-------- Data supplied --------
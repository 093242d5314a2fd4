//! The trait asks no more of a disk than the counts.

ghost use Rattle.std.specs.Prelude.{◌≡◌, ◌<◌, ◌+◌, ◌-◌, ◌^◌, OnErr, OnOk};

use super::Call::{Fill, Read, Sync};
use super::stopped;
use macs_disk::{DeviceFault, SectorDisk};

/// A disk that forgets what it is told and claims no honesty.
#[derive(Drop)]
struct Forgetful {
    clock: u64,
}

impl Forgetful {
    fn pass(&mut self) -> Result<(), DeviceFault>
        ensures ok { OnOk result
            ((self.old.clock < 2 ^ 64 - 1) × (self.new.clock ≡ self.old.clock + 1)) }
        ensures err { OnErr result
            ((self.old.clock ≡ 2 ^ 64 - 1) × (self.new.clock ≡ self.old.clock)) }
    {
        if self.clock == u64::MAX {
            return Err(DeviceFault);
        }
        self.clock += 1;
        Ok(())
    }
}

impl SectorDisk for Forgetful {
    ghost use Rattle.std.specs.Prelude.{◌==◌, true, false};
    ghost use Rattle.std.proofs.Common.{rules};
    ghost use Rattle.macs_disk.specs.States.{settled_state, zero_sector};
    ghost use Rattle.macs_disk.specs.Evidence.{full-clock};

    ghost disk = { λ it. record {
      sectors = 3;
      past = λ _. settled_state (λ _. zero_sector);
      clock = it.clock;
      failures = 0;
      honest = false;
      worn = it.clock == 2 ^ 64 - 1;
      prompt = true;
    } };

    ghost sound = { Prim.search rules };

    ghost wear = { λ it. full-clock it.clock };

    fn sectors(&self) -> u64 {
        3
    }

    fn read(&mut self, _at: u64, into: &mut [u8; 512]) -> Result<(), DeviceFault> {
        self.pass()?;
        *into = [0; 512];
        Ok(())
    }

    fn write(&mut self, _at: u64, _from: &[u8; 512]) -> Result<(), DeviceFault> {
        self.pass()
    }

    fn sync(&mut self) -> Result<(), DeviceFault> {
        self.pass()
    }
}

#[test]
fn a_disk_may_claim_nothing(rt: HostRuntime) {
    let _disk = stopped(
        &rt,
        Forgetful { clock: 0 },
        &[Fill(2, 1), Read(2, 0), Sync],
        2,
    );
}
--------
▶ _Work task_:
Copy all lines of the listing above that contain the string "Fill".

▶ _Written reply_:
use super::Call::{Fill, Read, Sync};
        &[Fill(2, 1), Read(2, 0), Sync],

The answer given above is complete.